Beam search decoder

By default validation is carried out using a greedy decoder. To instead use a beam decoder, run

./scripts/val.sh --decoder=beam

which runs with a default beam width of 4. To change the beam width, run, for example

./scripts/val.sh --decoder=beam --beam_width=8

Note

All of the beam decoder options described in this page are available in train.sh as well as val.sh.

The beam decoder utilises an optimised version of beam search - adaptive beam search - which reduces decoding compute by reducing the number of beam expansions to consider, without degrading WER. Two hypothesis pruning methods are employed:

  1. Hypotheses with a score less than beam_prune_score_thresh (default 0.4) below the best hypothesis' score are pruned.
  2. Tokens with a logprob score less than beam_prune_topk_thresh (default 1.5) below the most likely token are ignored.
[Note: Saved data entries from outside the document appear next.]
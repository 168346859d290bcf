//! Which scripts can be printed: exactly those that some text spells.

ghost use Rattle.std.specs.Prelude.{◌≡◌, map};
ghost use Rattle.sh_printer.specs.Checks.{NodeSplits, check_holds};
ghost use Rattle.sh_printer.specs.SumChecks.{counted, counted_if, operand_counted};
ghost use Rattle.sh_printing.specs.Printable.{operand_checks, script_printable};
ghost use Rattle.sh_printing.specs.Spellable.{sum_fits};
ghost use Rattle.sh_syntax.specs.View.{view, view_word, words_of};

mod bytes;
mod checks;
mod commands;
mod names;
mod parts;
mod redirects;
mod sums;
mod words;

use checks::{
    Check, CheckNode, Checks, CommandCheck, Given, Nesting, SumCheck, SumNode, WordCheck,
};
use commands::command_apart;
use sh_syntax::{Script, Word};
use span_text::Expr;
use sums::sum_apart;
use words::word_apart;

/// The pieces of a node.
fn apart<'a>(node: CheckNode<'a>, nesting: Nesting) -> Checks<'a>
    ensures { NodeSplits node.entry nesting result }
{
    match node {
        CheckNode::Word(check) => word_apart(check, nesting),
        CheckNode::Command(check) => command_apart(check, nesting),
    }
}

/// Whether what is to hold does. Of a node the last piece is checked by the same call, so that a long list needs no deep
/// stack.
#[cycle(printable)]
fn holds(check: Check<'_>) -> bool
    ensures { result ≡ check_holds check.entry }
{
    let mut now = check;
    'checks: loop {
        match now {
            Check::Known(known) => return known,
            Check::Sum(expr, operands, nesting) => return sum_holds(expr, operands, nesting),
            Check::Node(node, nesting) => {
                let split = apart(node, nesting);
                if !holds(split.first) {
                    return false;
                }
                if !holds(split.second) {
                    return false;
                }
                now = split.rest;
            }
        }
    }
}

/// Whether an expression fits, and has just these operands.
#[cycle(printable)]
fn sum_holds(expr: &Expr, operands: &[Word], nesting: Nesting) -> bool
    ensures { result ≡ sum_fits (operand_checks nesting.in_body (words_of (map view_word operands.now))) nesting.depth expr.now }
{
    let given = Given {
        words: operands,
        in_body: nesting.in_body,
    };
    let sum = SumCheck::Node(SumNode::Expr(expr, 0), nesting.depth);
    match counted(sum, given, 0) {
        None => false,
        Some(count) => count == operands.len(),
    }
}

/// How many operands there are with those of an expression, behind so many before it; none where it doesn't hold.
#[cycle(printable)]
fn counted(sum: SumCheck<'_>, given: Given<'_>, before: usize) -> Option<usize>
    ensures { result ≡ counted given.entry sum.entry before }
{
    let mut now = sum;
    let mut count = before;
    'sums: loop {
        match now {
            SumCheck::Known(known) => return counted_if(known, count),
            SumCheck::Operand(number, depth) => {
                return operand_counted(number, depth, given, count);
            }
            SumCheck::Node(node, depth) => {
                let split = sum_apart(node, depth);
                count = counted(split.first, given, count)?;
                count = counted(split.second, given, count)?;
                now = split.rest;
            }
        }
    }
}

fn counted_if(holds: bool, count: usize) -> Option<usize>
    ensures { result ≡ counted_if holds count }
{
    if holds { Some(count) } else { None }
}

/// The same of the operand of this number, which stands so deep. Operands are numbered in their order.
#[cycle(printable)]
fn operand_counted(number: u32, depth: usize, given: Given<'_>, count: usize) -> Option<usize>
    ensures { result ≡ operand_counted given.entry number depth count }
{
    let number = number as usize;
    if number != count {
        return None;
    }
    if number >= given.words.len() {
        return None;
    }
    let nesting = Nesting {
        in_body: given.in_body,
        depth,
    };
    let operand = WordCheck::Operand(given.words[number].parts.as_slice());
    if holds(Check::Node(CheckNode::Word(operand), nesting)) {
        Some(number + 1)
    } else {
        None
    }
}

/// Whether the script can be printed so that it reads back: whether some text spells it (POSIX 2.10). It takes no memory.
pub fn printable(script: &Script) -> bool
    ensures { result ≡ script_printable (view script.now) }
{
    let chains = CommandCheck::Chains(script.items.as_slice());
    let nesting = Nesting {
        in_body: false,
        depth: 0,
    };
    holds(Check::Node(CheckNode::Command(chains), nesting))
}
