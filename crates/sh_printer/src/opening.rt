//! Which parts hold a substitution, where a newline may stand; and what stands behind them.

ghost use Rattle.std.specs.Prelude.{◌≡◌, ◌&&◌, not, map};
ghost use Rattle.sh_grammar.specs.Bytes.{starts};
ghost use Rattle.sh_printing.specs.Marks.{is_here};
ghost use Rattle.sh_printing.specs.Printing.{part_opens, parts_open, op_opens, words_open, continued};
ghost use Rattle.sh_syntax.specs.View.{view_operator, view_part, view_op, view_redirect, view_word, parts_of, words_of};
ghost use Rattle.sh_printer.specs.Owed.{has_here, part_goes_on, still_owed};

use crate::marks::is_here;
use sh_syntax::{ParamOp, Part, PartKind, Redirect, Word};
use span_text::{Class, is_started};

#[cycle(opening)]
pub fn part_opens(part: &Part) -> bool
    ensures { result ≡ part_opens (view_part part.now) }
{
    match &part.kind {
        PartKind::Subst(_) => true,
        PartKind::Double(parts) => parts_open(parts.as_slice()),
        PartKind::Param { param: _, op } => op_opens(op),
        PartKind::Arith(arith) => words_open(arith.operands.as_slice()),
        PartKind::Plain(_) => false,
        PartKind::Exact(_) => false,
        PartKind::Tilde => false,
    }
}

#[cycle(opening)]
pub fn parts_open(parts: &[Part]) -> bool
    ensures { result ≡ parts_open (parts_of (map view_part parts.now)) }
{
    for part in parts {
        if part_opens(part) {
            return true;
        }
    }
    false
}

#[cycle(opening)]
fn op_opens(op: &ParamOp) -> bool
    ensures { result ≡ op_opens (view_op op.now) }
{
    match op {
        ParamOp::Plain => false,
        ParamOp::Length => false,
        ParamOp::Fill {
            test: _,
            colon: _,
            word,
        } => parts_open(word.parts.as_slice()),
        ParamOp::Trim {
            suffix: _,
            longest: _,
            pattern,
        } => parts_open(pattern.parts.as_slice()),
    }
}

#[cycle(opening)]
pub fn words_open(words: &[Word]) -> bool
    ensures { result ≡ words_open (words_of (map view_word words.now)) }
{
    for word in words {
        if parts_open(word.parts.as_slice()) {
            return true;
        }
    }
    false
}

/// The redirections whose bodies are still to come behind a part.
pub fn owed_behind<'a>(owed: &'a [Redirect], part: &Part) -> &'a [Redirect]
    ensures { result.now ≡ still_owed (part_opens (view_part part.now)) owed.now }
{
    if owed.is_empty() || !part_opens(part) {
        return owed;
    }
    &[]
}

/// The redirections whose bodies are still to come behind a word.
pub fn owed_behind_word<'a>(owed: &'a [Redirect], word: &Word) -> &'a [Redirect]
    ensures { result.now ≡ still_owed (parts_open (view_word word.now)) owed.now }
{
    let parts = word.parts.as_slice();
    let opens = parts_open(parts);
    still_owed(opens, owed)
}

fn still_owed(opens: bool, owed: &[Redirect]) -> &[Redirect]
    ensures { result.now ≡ still_owed opens owed.now }
{
    if opens { &[] } else { owed }
}

/// The redirections whose bodies are still to come behind words.
pub fn owed_behind_words<'a>(owed: &'a [Redirect], words: &[Word]) -> &'a [Redirect]
    ensures { result.now ≡ still_owed (words_open (words_of (map view_word words.now))) owed.now }
{
    if owed.is_empty() || !words_open(words) {
        return owed;
    }
    &[]
}

/// A newline stood in the redirection's word.
pub fn redirect_opens(redirect: &Redirect) -> bool
    ensures { result ≡ (not (is_here (view_redirect redirect.now).op) && parts_open (view_redirect redirect.now).word) }
{
    !is_here(redirect.op) && parts_open(redirect.word.parts.as_slice())
}

/// Whether a body is still to come.
pub fn has_body(owed: &[Redirect]) -> bool
    ensures { result ≡ has_here (map view_redirect owed.now) }
{
    for redirect in owed {
        if is_here(redirect.op) {
            return true;
        }
    }
    false
}

/// Whether these parts go on with a name before them.
pub fn is_continued(parts: &[Part]) -> bool
    ensures { result ≡ continued (parts_of (map view_part parts.now)) }
{
    match parts {
        [] => false,
        [first, ..] => goes_on(first),
    }
}

fn goes_on(part: &Part) -> bool
    ensures { result ≡ part_goes_on (view_part part.now) }
{
    match &part.kind {
        PartKind::Plain(text) => is_started(Class::NameRest, text.bytes()),
        PartKind::Exact(_) => false,
        PartKind::Double(_) => false,
        PartKind::Tilde => false,
        PartKind::Param { param: _, op: _ } => false,
        PartKind::Subst(_) => false,
        PartKind::Arith(_) => false,
    }
}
Reducing beam_prune_score_thresh and beam_prune_topk_thresh increases pruning aggressiveness; setting them < 0 disables pruning.
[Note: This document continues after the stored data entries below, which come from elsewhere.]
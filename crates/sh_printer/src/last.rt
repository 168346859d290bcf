//! Words that stand behind the redirections of a command, as in `>x if`: before them the first would be a reserved word
//! (POSIX 2.4).

ghost use Rattle.std.specs.Prelude.{◌≡◌, ◌||◌, ◌∷◌, [], map};
ghost use Rattle.span_text.specs.KnownNames.{same_text};
ghost use Rattle.sh_grammar.specs.Tokens as tokens;
ghost use Rattle.sh_printer.specs.Pieces.{last_words_of};
ghost use Rattle.sh_printing.specs.Printing.{words_last};
ghost use Rattle.sh_printing.specs.Spellable.{is_text, is_reserved_text, is_reserved_word};
ghost use Rattle.sh_syntax.specs.View.{view_assign, view_kind, view_part, view_word, assigns_of, words_of, parts_of};

use sh_syntax::{Assign, CommandKind, Part, PartKind, Word};

/// Whether the words of a simple command stand behind its redirections.
pub fn words_last(assigns: &[Assign], words: &[Word]) -> bool
    ensures { result ≡ words_last (assigns_of (map view_assign assigns.now)) (words_of (map view_word words.now)) }
{
    match assigns {
        [] => first_reserved(words),
        [_, ..] => false,
    }
}

fn first_reserved(words: &[Word]) -> bool
    ensures { result ≡ words_last (assigns_of []) (words_of (map view_word words.now)) }
{
    match words {
        [] => false,
        [first, ..] => is_reserved_word(first.parts.as_slice()),
    }
}

/// The words that stand behind the redirections of a command.
pub fn last_words(kind: &CommandKind) -> &[Word]
    ensures { words_of (map view_word result.now) ≡ last_words_of (view_kind kind.now) }
{
    match kind {
        CommandKind::Simple { assigns, words } => {
            let words = words.as_slice();
            if words_last(assigns.as_slice(), words) {
                return words;
            }
            &[]
        }
        CommandKind::Group(_) => &[],
        CommandKind::Subshell(_) => &[],
        CommandKind::If {
            parts: _,
            otherwise: _,
        } => &[],
        CommandKind::Loop {
            until: _,
            test: _,
            body: _,
        } => &[],
        CommandKind::For {
            name: _,
            words: _,
            body: _,
        } => &[],
        CommandKind::Case {
            subject: _,
            items: _,
        } => &[],
        CommandKind::Function(_) => &[],
    }
}

/// Whether these parts would be a reserved word where a command begins.
pub fn is_reserved_word(parts: &[Part]) -> bool
    ensures { result ≡ is_reserved_word (parts_of (map view_part parts.now)) }
{
    match parts {
        [part] => is_reserved_part(part),
        [] => false,
        [_, _, ..] => false,
    }
}

fn is_reserved_part(part: &Part) -> bool
    ensures { result ≡ is_reserved_word (parts_of (view_part part.now ∷ [])) }
{
    match &part.kind {
        PartKind::Plain(text) => is_reserved_text(text.bytes()),
        PartKind::Exact(_) => false,
        PartKind::Double(_) => false,
        PartKind::Tilde => false,
        PartKind::Param { param: _, op: _ } => false,
        PartKind::Subst(_) => false,
        PartKind::Arith(_) => false,
    }
}

/// The reserved words.
pub fn is_reserved_text(text: &[u8]) -> bool
    ensures { result ≡ is_reserved_text text.now }
{
    begins_compound(text) || is_other_key(text)
}

/// The reserved words that begin a compound command.
#[tactic(auto, unfolding(sh_grammar::specs::Tokens::key_text))]
fn begins_compound(text: &[u8]) -> bool
    ensures { result ≡ (is_text tokens.If text.now || is_text tokens.For text.now || is_text tokens.While text.now || is_text tokens.Until text.now || is_text tokens.Case text.now || is_text tokens.OpenBrace text.now) }
{
    is_same(text, b"if")
        || is_same(text, b"for")
        || is_same(text, b"while")
        || is_same(text, b"until")
        || is_same(text, b"case")
        || is_same(text, b"{")
}

/// The other reserved words.
#[tactic(auto, unfolding(sh_grammar::specs::Tokens::key_text))]
fn is_other_key(text: &[u8]) -> bool
    ensures { result ≡ (is_text tokens.Then text.now || is_text tokens.Elif text.now || is_text tokens.Else text.now || is_text tokens.Fi text.now || is_text tokens.In text.now || is_text tokens.Do text.now || is_text tokens.Done text.now || is_text tokens.Esac text.now || is_text tokens.CloseBrace text.now || is_text tokens.Bang text.now) }
{
    is_same(text, b"then")
        || is_same(text, b"elif")
        || is_same(text, b"else")
        || is_same(text, b"fi")
        || is_same(text, b"in")
        || is_same(text, b"do")
        || is_same(text, b"done")
        || is_same(text, b"esac")
        || is_same(text, b"}")
        || is_same(text, b"!")
}

fn is_same(text: &[u8], key: &[u8]) -> bool
    ensures { result ≡ same_text text.now key.now }
{
    text == key
}
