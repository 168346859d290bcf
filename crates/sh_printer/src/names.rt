//! The names of delimiters.

ghost use Rattle.std.specs.Prelude.{◌≡◌, ◌≤◌, ◌+◌, ◌∷◌, length, take};
ghost use Rattle.sh_printing.specs.Delimiters.{numbered};

use itoa::Buffer;

/// The length of the longest name: `E` and a number of at most 40 digits, as `Buffer` has room for.
pub const NAME_SIZE: usize = 41;

/// The name of this number, put together in the buffer.
pub fn numbered(number: u64, buffer: &mut [u8; NAME_SIZE]) -> &[u8]
    ensures { result.now ≡ numbered number }
{
    let mut digits = Buffer::new();
    let digits = digits.format(number).as_bytes();
    write_name(digits, buffer);
    &buffer[..digits.len() + 1]
}

/// `E` and the digits at the front of the buffer.
fn write_name(digits: &[u8], buffer: &mut [u8; NAME_SIZE])
    requires { length digits.now ≤ 40 }
    ensures { take (length digits.now + 1) buffer.new ≡ 69 ∷ digits.now }
{
    buffer[0] = b'E';
    for (i, digit) in digits.iter().enumerate() {
        buffer[i + 1] = *digit;
    }
}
Adaptive beam search dynamically adjusts computation based on model confidence, using more compute when uncertain and behaving almost greedily when confident.

Softmax temperature

The beam decoder applies a softmax temperature to the logits. By default the --temperature=1.4 as this was found to improve WER across a range of configurations. Increasing the temperature will increase the beam diversity and make the greedy path less likely.

Fuzzy top-k logits

When using --decoder=beam, the model first calculates the logits for all classes (or tokens), applies the log-softmax function to get log probabilities, and then selects the top beam-width tokens to expand the beam.
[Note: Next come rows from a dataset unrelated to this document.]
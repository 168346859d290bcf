//! What is written of words and redirections and holds no other node.

ghost use Rattle.std.specs.Prelude.{◌≡◌, not, ◌++◌, ◌∷◌, [], codes};
ghost use Rattle.std.specs.Fmt.{signed_decimal};
ghost use Rattle.sh_grammar.specs.Bytes.{has_single};
ghost use Rattle.sh_printer.specs.Codes.{view_context};
ghost use Rattle.sh_printing.specs.Marks.{is_quote, exact_by, exact_text, digits_text, param_name, named_text, param_text, colon_text, test_text, led, fd_text};
ghost use Rattle.sh_printer.specs.Pieces.{leaf_text};
ghost use Rattle.sh_printer.specs.Search.{Put};
ghost use Rattle.sh_syntax.specs.View.{view_param, view_test};

use crate::context::{Context, has_single};
use crate::marks::test_mark;
use crate::pieces::Leaf;
use crate::search::{Search, put};
use itoa::Buffer;
use sh_syntax::{FillTest, Param};
use span_text::{Failed, Sink};

pub fn is_quote(text: &[u8]) -> bool
    ensures { result ≡ is_quote text.now }
{
    match text {
        [byte] => *byte == b'\'',
        [] => false,
        [_, _, ..] => false,
    }
}

/// Whether single quotes stand round the text there.
fn is_quoted(text: &[u8], context: Context) -> bool
    ensures { exact_text (has_single (view_context context)) text.now ≡ exact_by result text.now }
{
    has_single(context) && !is_quote(text)
}

#[tactic(auto, using(crate::proofs::Puts::put_then, crate::proofs::Puts::put_early))]
fn print_quoted<K: Sink>(text: &[u8], search: &mut Search<'_>, out: &mut K) -> Result<(), Failed>
    ensures { Put K.held K.faults search.old search.new out.old out.new result (39 ∷ text.now ++ 39 ∷ []) }
{
    put(b"'", search, out)?;
    put(text, search, out)?;
    put(b"'", search, out)
}

#[tactic(auto, using(crate::proofs::Puts::put_then, crate::proofs::Puts::put_early))]
fn print_escaped<K: Sink>(text: &[u8], search: &mut Search<'_>, out: &mut K) -> Result<(), Failed>
    ensures { Put K.held K.faults search.old search.new out.old out.new result (92 ∷ text.now) }
{
    put(b"\\", search, out)?;
    put(text, search, out)
}

/// `'ab'`, or with a backslash where such quotes are none or the text is one quote.
fn print_exact<K: Sink>(
    text: &[u8],
    context: Context,
    search: &mut Search<'_>,
    out: &mut K,
) -> Result<(), Failed>
    ensures { Put K.held K.faults search.old search.new out.old out.new result (exact_text (has_single (view_context context)) text.now) }
{
    if is_quoted(text, context) {
        return print_quoted(text, search, out);
    }
    print_escaped(text, search, out)
}

#[tactic(auto, using(crate::proofs::Puts::put_then, crate::proofs::Puts::put_early))]
fn print_braced<K: Sink>(text: &[u8], search: &mut Search<'_>, out: &mut K) -> Result<(), Failed>
    ensures { Put K.held K.faults search.old search.new out.old out.new result (codes "${" ++ text.now ++ codes "}") }
{
    put(b"${", search, out)?;
    put(text, search, out)?;
    put(b"}", search, out)
}

#[tactic(auto, using(crate::proofs::Puts::put_then, crate::proofs::Puts::put_early))]
fn print_bare<K: Sink>(text: &[u8], search: &mut Search<'_>, out: &mut K) -> Result<(), Failed>
    ensures { Put K.held K.faults search.old search.new out.old out.new result (36 ∷ text.now) }
{
    put(b"$", search, out)?;
    put(text, search, out)
}

/// `$a`, or `${a}`.
fn print_named<K: Sink>(
    text: &[u8],
    braces: bool,
    search: &mut Search<'_>,
    out: &mut K,
) -> Result<(), Failed>
    ensures { Put K.held K.faults search.old search.new out.old out.new result (named_text braces text.now) }
{
    if braces {
        return print_braced(text, search, out);
    }
    print_bare(text, search, out)
}

fn param_name(param: &Param) -> &[u8]
    ensures { result.now ≡ param_name (view_param param.now) }
{
    match param {
        Param::Name(name) => name.text.bytes(),
        Param::Digits(text) => text.bytes(),
        Param::Count => b"#",
        Param::Status => b"?",
        Param::At => b"@",
        Param::Star => b"*",
    }
}

/// Whether the text is one byte.
fn is_digit(text: &[u8]) -> bool
    ensures { digits_text text.now ≡ named_text (not result) text.now }
{
    match text {
        [_] => true,
        [] => false,
        [_, _, ..] => false,
    }
}

/// Whether the parameter stands in braces, where more of a name follows or not.
fn is_braced(param: &Param, more: bool) -> bool
    ensures { named_text result (param_name (view_param param.now)) ≡ param_text more (view_param param.now) }
{
    match param {
        Param::Name(_) => more,
        Param::Digits(text) => !is_digit(text.bytes()),
        Param::Count => false,
        Param::Status => false,
        Param::At => false,
        Param::Star => false,
    }
}

#[tactic(auto, using(crate::proofs::Puts::put_then, crate::proofs::Puts::put_early))]
fn print_length<K: Sink>(param: &Param, search: &mut Search<'_>, out: &mut K) -> Result<(), Failed>
    ensures { Put K.held K.faults search.old search.new out.old out.new result (codes "${#" ++ param_name (view_param param.now) ++ 125 ∷ []) }
{
    put(b"${#", search, out)?;
    put(param_name(param), search, out)?;
    put(b"}", search, out)
}

fn colon_mark(colon: bool) -> &'static [u8]
    ensures { result.now ≡ colon_text colon }
{
    if colon { b":" } else { b"" }
}

/// `${a-`, `${a:-`.
#[tactic(auto, using(crate::proofs::Puts::put_then, crate::proofs::Puts::put_early))]
fn print_filling<K: Sink>(
    param: &Param,
    test: FillTest,
    colon: bool,
    search: &mut Search<'_>,
    out: &mut K,
) -> Result<(), Failed>
    ensures { Put K.held K.faults search.old search.new out.old out.new result (codes "${" ++ param_name (view_param param.now) ++ colon_text colon ++ test_text (view_test test)) }
{
    put(b"${", search, out)?;
    put(param_name(param), search, out)?;
    put(colon_mark(colon), search, out)?;
    put(test_mark(test), search, out)
}

/// `${a#`, `${a%%`.
#[tactic(auto, using(crate::proofs::Puts::put_then, crate::proofs::Puts::put_early))]
fn print_trimming<K: Sink>(
    param: &Param,
    mark: &[u8],
    search: &mut Search<'_>,
    out: &mut K,
) -> Result<(), Failed>
    ensures { Put K.held K.faults search.old search.new out.old out.new result (codes "${" ++ param_name (view_param param.now) ++ mark.now) }
{
    put(b"${", search, out)?;
    put(param_name(param), search, out)?;
    put(mark, search, out)
}

pub fn lead(behind: bool) -> &'static [u8]
    ensures { result.now ≡ led behind [] }
{
    if behind { b" " } else { b"" }
}

fn print_fd<K: Sink>(fd: Option<u8>, search: &mut Search<'_>, out: &mut K) -> Result<(), Failed>
    ensures { Put K.held K.faults search.old search.new out.old out.new result (fd_text fd) }
{
    match fd {
        None => put(b"", search, out),
        Some(digit) => put(Buffer::new().format(digit).as_bytes(), search, out),
    }
}

fn print_constant<K: Sink>(n: i64, search: &mut Search<'_>, out: &mut K) -> Result<(), Failed>
    ensures { Put K.held K.faults search.old search.new out.old out.new result (signed_decimal n) }
{
    put(Buffer::new().format(n).as_bytes(), search, out)
}

/// An operator between blanks.
#[tactic(auto, using(crate::proofs::Puts::put_then, crate::proofs::Puts::put_early))]
fn print_operator<K: Sink>(mark: &[u8], search: &mut Search<'_>, out: &mut K) -> Result<(), Failed>
    ensures { Put K.held K.faults search.old search.new out.old out.new result (32 ∷ mark.now ++ 32 ∷ []) }
{
    put(b" ", search, out)?;
    put(mark, search, out)?;
    put(b" ", search, out)
}

/// What holds no other piece.
pub fn print_leaf<K: Sink>(
    leaf: Leaf<'_>,
    search: &mut Search<'_>,
    out: &mut K,
) -> Result<(), Failed>
    ensures { Put K.held K.faults search.old search.new out.old out.new result (leaf_text leaf.entry) }
{
    match leaf {
        Leaf::Bytes(bytes) => put(bytes, search, out),
        Leaf::Exact(text, context) => print_exact(text, context, search, out),
        Leaf::Named(param, more) => {
            print_named(param_name(param), is_braced(param, more), search, out)
        }
        Leaf::Length(param) => print_length(param, search, out),
        Leaf::Filling(param, test, colon) => print_filling(param, test, colon, search, out),
        Leaf::Trimming(param, mark) => print_trimming(param, mark, search, out),
        Leaf::Fd(fd) => print_fd(fd, search, out),
        Leaf::Constant(n) => print_constant(n, search, out),
        Leaf::Operator(mark) => print_operator(mark, search, out),
    }
}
However, in the hardware-accelerated solution, the I/O of sending the full vocab-size logits tensor from the FPGA to the CPU is a bottleneck. To address this, the hardware-accelerated solution sends a reduced set of logits to the CPU. Specifically, it sends the highest-value logits within some local block of the logits tensor. This enables a 'fuzzy top-k' operation which is approximate to the full top-k operation with some small difference.

Our experiments show that using the reduced logits tensor (fuzzy top-k logits) does not impact the model's WER performance.

Using fuzzy top-k logits

To use a reduced tensor implementation similar to the accelerated version, run the following command:

./scripts/val.sh --num_gpus=2 --decoder=beam --fuzzy_topk_logits

Please note that the evaluation time will increase by ~30% compared to standard beam search, so it is disabled by default.

N-gram language models

N-gram language models are used with beam decoding to improve WER. This is on by default and described in more detail in the N-gram language model documentation.